We often do not like those people who stick to their guns. We think that they cause trouble by being so stubborn, contradicting what everybody else says. We think that they should compromise for the sake of harmony. We believe that they are bad because they cause conflicts. Shame on us who think that way. Jesus was never angry with Thomas, neither did he scold him for his honest doubt. Jesus appeared in a way which was recognizable to Thomas. He said, "Look at me. Look at my wounds. Touch them with your hands." Jesus was ready to make himself appear in a form comprehensible to a particular person.

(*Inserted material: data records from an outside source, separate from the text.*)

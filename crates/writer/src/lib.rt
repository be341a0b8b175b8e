// The writer: the drawing file of a candidate whose actions are a lent list of records, with relations 0 to 6 in the store.
#![tactic(auto, using(page::specs::Laws::Pens::pens, rows::specs::Laws::Lists::joined_one, crate::specs::Laws::Saving::relation_text_lem, crate::specs::Laws::Saving::file_text), unfolding(rows::specs::Numbers::joined))]

ghost use Rattle.std.specs.Prelude.{◌≡◌, ◌+◌, ◌*◌, ◌≤◌, length};
ghost use Rattle.rows.specs.Numbers.{area, joined};
ghost use Rattle.model.specs.Limits.{most_actions, given_relations, given_length};
ghost use Rattle.page.specs.Pens.{penned};
ghost use Rattle.drawing.specs.Files.{le, action_record, row_bytes, relation_record, file_of};
ghost use Rattle.lists.specs.Lists.{action_at, row_in, rows_in, list_candidate};
ghost use Rattle.writer.specs.Saves.{Save};

use drawing::writing;
use model::limits::{GIVEN_RELATIONS, MOST_ACTIONS};
use model::refusals::{Reason, Refusal};
use model::{Action, Header};
use page::Pen;

// The records of the n actions.
fn put_actions(pen: &mut Pen, list: [Action; MOST_ACTIONS], n: usize)
    requires { n ≤ most_actions }
    ensures { pen.new ≡ penned pen.old (joined n λ i. action_record (action_at list i)) }
{
    for i in 0..n {
        writing::put_action(pen, list[i]);
    }
}

// The n rows of relation k.
fn put_rows(pen: &mut Pen, store: &[u64], n: usize, k: usize)
    requires { (n ≤ most_actions) × (area * k + area ≤ length store.now) }
    ensures { pen.new ≡ penned pen.old (joined n λ a. le (row_bytes n) (row_in store.now k a)) }
{
    for a in 0..n {
        let i = rows::AREA * k + rows::WIDE * a;
        writing::put_row(pen, n, store[i], store[i + 1]);
    }
}

// The record of relation k.
fn put_relation(pen: &mut Pen, store: &[u64], n: usize, k: usize)
    requires { (n ≤ most_actions) × (area * k + area ≤ length store.now) }
    ensures { pen.new ≡ penned pen.old (relation_record n k (rows_in store.now n k)) }
{
    writing::put_relation_head(pen, n, k);
    put_rows(pen, store, n, k);
}

// The records of the given relations.
fn put_relations(pen: &mut Pen, store: &[u64], n: usize)
    requires { (n ≤ most_actions) × (given_length ≤ length store.now) }
    ensures { pen.new ≡ penned pen.old (joined given_relations λ k. relation_record n k (rows_in store.now n k)) }
{
    for k in 0..GIVEN_RELATIONS {
        put_relation(pen, store, n, k);
    }
}

// The whole file.
fn put_file(pen: &mut Pen, list: [Action; MOST_ACTIONS], places: &[u8], head: Header, store: &[u64])
    requires { (head.n ≤ most_actions) × (given_length ≤ length store.now) }
    ensures { pen.new ≡ penned pen.old (file_of (list_candidate list places.now head.edition head.n head.t head.p store.now)) }
{
    writing::put_header(pen, head);
    writing::put_places(pen, head.p, places);
    put_actions(pen, list, head.n);
    put_relations(pen, store, head.n);
    writing::put_end(pen);
}

// The writer: the file of a lent list of actions at places of these kinds, with relations 0 to 6 in the store.
pub fn save_list(
    acts: &[Action],
    places: &[u8],
    head: Header,
    store: &[u64],
    out: &mut [u8],
) -> Result<usize, Refusal>
    ensures { Save acts.now places.now head.edition head.n head.t head.p store.now out.old result out.new }
{
    let g = lists::gather(acts);
    lists::checks::check(g, places, store, head)?;
    let length = drawing::file_length(head.n, head.p);
    if out.len() < length {
        return Err(Refusal {
            reason: Reason::ShortBuffer,
            at: 0,
        });
    }
    let mut pen = Pen::new(out, length);
    put_file(&mut pen, g.list, places, head, store);
    Ok(length)
}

We are all different. We all have good attributes and shortcomings. Jesus accepts us as we are, good and bad. Peter was a passionate yet shallow man, for example, who tended to be hasty and thus made many mistakes. He heard Jesus saying that all disciples would desert him when he was going to be arrested and killed. Peter said rather impulsively, "Don”t worry master, even if all others leave you, I would never do that. I would die with you." But that very evening, he denied the knowledge of Jesus three times for fear of being identified as a companion of the man who was being interrogated for blasphemy. When the risen Jesus appeared to Peter, he was on a boat, fishing. He recognized the risen Christ, and he jumped into the lake and swam ashore, leaving the boat, the net, and all the catch behind. It was like leaving the tractor behind in the field with the engine running. John, for another, was a lovely affectionate man. He often leaned on Jesus” chest to hear him speak. But he did not do anything to write home about. He was, what you might call, a "nice" man but possibly weak in character. He lived to be a ripe old age, on a Mediterranean island of Patmos, and became senile. He could not do much except to repeat, "You should love each other." like a mantra. We are all different. But Jesus Christ did not discriminate against people because of their differences. He made himself understandable to everybody, enabling people to engage in different styles of ministry.

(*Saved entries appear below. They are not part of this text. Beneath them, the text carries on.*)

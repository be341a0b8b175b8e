// Little-endian numbers in a slice of bytes.
#![tactic(auto, unfolding(crate::specs::Files::le_at))]

ghost use Rattle.std.specs.Prelude.{◌≡◌, ◌+◌, ◌≤◌, length};
ghost use Rattle.rows.specs.Numbers.{bit, has};
ghost use Rattle.drawing.specs.Files.{le_at, row_bytes};

use rows::Row;

// Two bytes.
pub fn short(s: &[u8], at: usize) -> u16
    requires { at + 2 ≤ length s.now }
    ensures { result ≡ le_at s.now at 2 }
{
    u16::from_le_bytes([s[at], s[at + 1]])
}

// Two bytes, as a count or a position.
pub fn half(s: &[u8], at: usize) -> usize
    requires { at + 2 ≤ length s.now }
    ensures { result ≡ le_at s.now at 2 }
{
    usize::from(short(s, at))
}

// Four bytes.
pub fn word(s: &[u8], at: usize) -> u32
    requires { at + 4 ≤ length s.now }
    ensures { result ≡ le_at s.now at 4 }
{
    u32::from_le_bytes([s[at], s[at + 1], s[at + 2], s[at + 3]])
}

// Eight bytes.
fn long(s: &[u8], at: usize) -> u64
    requires { at + 8 ≤ length s.now }
    ensures { result ≡ le_at s.now at 8 }
{
    u64::from_le_bytes([
        s[at],
        s[at + 1],
        s[at + 2],
        s[at + 3],
        s[at + 4],
        s[at + 5],
        s[at + 6],
        s[at + 7],
    ])
}

// A row of n actions, low half first.
pub fn row(s: &[u8], n: usize, at: usize) -> Row
    requires { at + row_bytes n ≤ length s.now }
    ensures { has result ≡ bit (le_at s.now at (row_bytes n)) }
{
    let low = long(s, at);
    if rows::WIDTH < n {
        let high = long(s, at + 8);
        return Row::of_halves(low, high);
    }
    Row::of(low)
}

However, difference is one of the most nagging problems in human community. We kill each other because of differences a lot of times. One thing we must do is learn that to be different is normal. Thus conflicts are a natural consequence of differences. The Japanese say that we must hide our horns at least on the wedding day. There must be sayings like that in every nationality telling people how to deal with difference. The real challenge is to know how to live with differences and conflicts lovingly. We have to learn to not condemn or reject the differences like we normally want to do, and instead learn to accept them as Jesus accepted his disciples with all their idiosyncrasies. We have to learn to take conflicts caused by differences as natural and somehow find a way to keep loving despite a difference in opinions. We are all created differently but as equals. Conflicts are natural. We must find the way to resolve conflicts peacefully without being overwhelmed by them, without suppressing one side over the other, but through accommodation.

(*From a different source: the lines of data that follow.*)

// The records of a file, each written by a pen.
#![tactic(auto, using(page::specs::Laws::Pens::pens), unfolding(crate::specs::Files::head_of, crate::specs::Files::header_of, crate::specs::Files::places_of, crate::specs::Files::action_record))]

ghost use Rattle.std.specs.Prelude.{◌≡◌, ◌++◌, ◌+◌, ◌*◌, ◌^◌, ◌≤◌};
ghost use Rattle.rows.specs.Numbers.{width};
ghost use Rattle.model.specs.Limits.{most_actions};
ghost use Rattle.page.specs.Pens.{penned};
ghost use Rattle.drawing.specs.Files.{le, head_of, header_of, places_of, action_record, row_bytes, rows_length, end_of};

use crate::layout;
use model::{Action, Header};
use page::Pen;

// A number in `width` bytes, least byte first.
#[tactic(auto, using(page::specs::Laws::Pens::penned_nothing), unfolding(crate::specs::Files::le))]
pub fn put_number(pen: &mut Pen, width: usize, x: u64)
    ensures { pen.new ≡ penned pen.old (le width x) }
{
    let mut rest = x;
    for _ in 0..width {
        pen.put_byte((rest % 256) as u8);
        rest /= 256;
    }
}

// Length of payload, kind.
fn put_head(pen: &mut Pen, kind: u64, len: u64)
    ensures { pen.new ≡ penned pen.old (head_of kind len) }
{
    put_number(pen, 2, len);
    put_number(pen, 2, kind);
}

// Edition, N, T and P.
pub fn put_header(pen: &mut Pen, head: Header)
    ensures { pen.new ≡ penned pen.old (header_of head.edition head.n head.t head.p) }
{
    put_head(pen, 1, 8);
    put_number(pen, 2, head.edition as u64);
    put_number(pen, 2, head.n as u64);
    put_number(pen, 2, head.t as u64);
    put_number(pen, 2, head.p as u64);
}

// A byte per place.
pub fn put_places(pen: &mut Pen, p: usize, places: &[u8])
    ensures { pen.new ≡ penned pen.old (places_of p places.now) }
{
    put_head(pen, 2, p as u64);
    pen.put(places);
}

// One action.
pub fn put_action(pen: &mut Pen, x: Action)
    ensures { pen.new ≡ penned pen.old (action_record x) }
{
    put_head(pen, 3, 16);
    put_number(pen, 1, x.what.number() as u64);
    put_number(pen, 1, x.what.order() as u64);
    put_number(pen, 2, x.thread as u64);
    put_number(pen, 2, x.place as u64);
    put_number(pen, 2, 0);
    put_number(pen, 4, x.read as u64);
    put_number(pen, 4, x.written as u64);
}

// What stands before the rows of relation k of n actions.
pub fn put_relation_head(pen: &mut Pen, n: usize, k: usize)
    requires { n ≤ most_actions }
    ensures { pen.new ≡ penned pen.old (head_of 4 (2 + rows_length n n) ++ le 2 k) }
{
    put_head(pen, 4, (2 + layout::rows_length(n, n)) as u64);
    put_number(pen, 2, k as u64);
}

// One row of n actions, low half first.
pub fn put_row(pen: &mut Pen, n: usize, low: u64, high: u64)
    ensures { pen.new ≡ penned pen.old (le (row_bytes n) (high * 2 ^ width + low)) }
{
    put_number(pen, 8, low);
    if rows::WIDTH < n {
        put_number(pen, 8, high);
    }
}

// The end.
pub fn put_end(pen: &mut Pen)
    ensures { pen.new ≡ penned pen.old end_of }
{
    put_head(pen, 5, 0);
}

The secret to reach such a state is love. We repeat this again and again in church. The beloved disciple John may have become senile in his old age, but he never forgot the most essential message of the teachings of Jesus Christ, "Let us love one another." So let us love one another. Then our differences will become our wealth – as the differences between Jesus” disciples was a source of richness for the early church – and our conflicts will become friendly games. So beloved friends, let us love each other. Do not doubt this.